<<<<

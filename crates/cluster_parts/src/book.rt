use grant_ledger::Ledger;
use mini_tx::TxId;
use sfs_base::NoMemory;
use std::alloc::Global;

/// What a cluster counts: the history of changes, and who has not granted yet what is in doubt.
#[derive(Debug, Drop)]
pub struct Book {
    pub(crate) committed: Vec<TxId>,
    pub(crate) ledger: Ledger,
}

impl Book {
    ghost use Rattle.std.specs.Prelude.{◌≡◌, ◌<◌, ◌++◌, [], ◌∷◌, None, Some, vec_len, vec_capacity, OnOk, OnErr};
    ghost use Rattle.mini_tx.specs.declared.tx_id.TxId.{TxId as Identifier};
    ghost use Rattle.cluster_laws.specs.Doubts.{points_of, waits_after, waits_without};
    ghost use Rattle.cluster_parts.specs.Books.{doubts_of, history_of};
    ghost use Rattle.std.specs.Prelude.{if◌then◌else◌};
    ghost use Rattle.mini_tx.specs.Order.{is_same};

    /// Nothing is counted yet. It takes no memory.
    pub fn new(alloc: Global) -> Book
        ensures history { history_of result ≡ [] }
        ensures doubts { (id : Identifier) → doubts_of result id ≡ None }
    {
        Book {
            committed: Vec::new(alloc),
            ledger: Ledger::new(alloc),
        }
    }

    /// The history, oldest first. It takes no memory.
    pub fn committed(&self) -> &[TxId]
        ensures { result.now ≡ history_of self.now }
    {
        self.committed.as_slice()
    }

    /// Takes the room for one more place in the history. [`NoMemory`]: there is none.
    pub fn reserve(&mut self) -> Result<(), NoMemory>
        ensures room { OnOk result (vec_len self.new.committed < vec_capacity self.new.committed) }
        ensures history { history_of self.new ≡ history_of self.old }
        ensures doubts { (id : Identifier) → doubts_of self.new id ≡ doubts_of self.old id }
    {
        self.committed.reserve(1)?;
        Ok(())
    }

    /// A change of these participants is begun. [`NoMemory`]: nothing is counted.
    pub fn begin(&mut self, id: TxId, participants: &[u32]) -> Result<(), NoMemory>
        requires { doubts_of self.old id ≡ None }
        ensures history { history_of self.new ≡ history_of self.old }
        ensures doubts { OnOk result ((other : Identifier) → doubts_of self.new other
            ≡ (if is_same id other then Some participants.now else doubts_of self.old other)) }
    {
        self.ledger.enter(id, participants)
    }

    /// A memory node has granted this, or nothing: where it is the last one, the change has its place in the
    /// history. There is room for it. It takes no memory.
    pub fn count(&mut self, granted: Option<TxId>, memory: u32)
        requires { vec_len self.old.committed < vec_capacity self.old.committed }
        ensures history { history_of self.new ≡ history_of self.old ++ points_of (doubts_of self.old) granted memory }
        ensures doubts { (other : Identifier) → doubts_of self.new other ≡ waits_after (doubts_of self.old) granted memory other }
    {
        if let Some(id) = granted {
            if self.ledger.grant(id, memory) {
                add(&mut self.committed, id);
            }
        }
    }

    /// An identifier was refused, and is in doubt no longer. It takes no memory.
    pub fn refuse(&mut self, id: TxId)
        ensures history { history_of self.new ≡ history_of self.old }
        ensures doubts { (other : Identifier) → doubts_of self.new other ≡ waits_without (doubts_of self.old) (id ∷ []) other }
    {
        self.ledger.let_go(id);
    }
}

ghost use Rattle.std.specs.Prelude.{◌≡◌, ◌<◌, ◌++◌, [], ◌∷◌, vec_len, vec_capacity};

/// Adds an identifier at the end. There is room for it.
fn add(committed: &mut Vec<TxId>, id: TxId)
    requires { vec_len committed.old < vec_capacity committed.old }
    ensures { committed.new.items ≡ committed.old.items ++ id ∷ [] }
{
    let added = committed.push(id);
    added.unwrap();
}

>>>>

### WORK INSTRUCTION
Copy out each line of the material that holds the word "then".

### RESULT OF THIS TASK
    ghost use Rattle.std.specs.Prelude.{if◌then◌else◌};
            ≡ (if is_same id other then Some participants.now else doubts_of self.old other)) }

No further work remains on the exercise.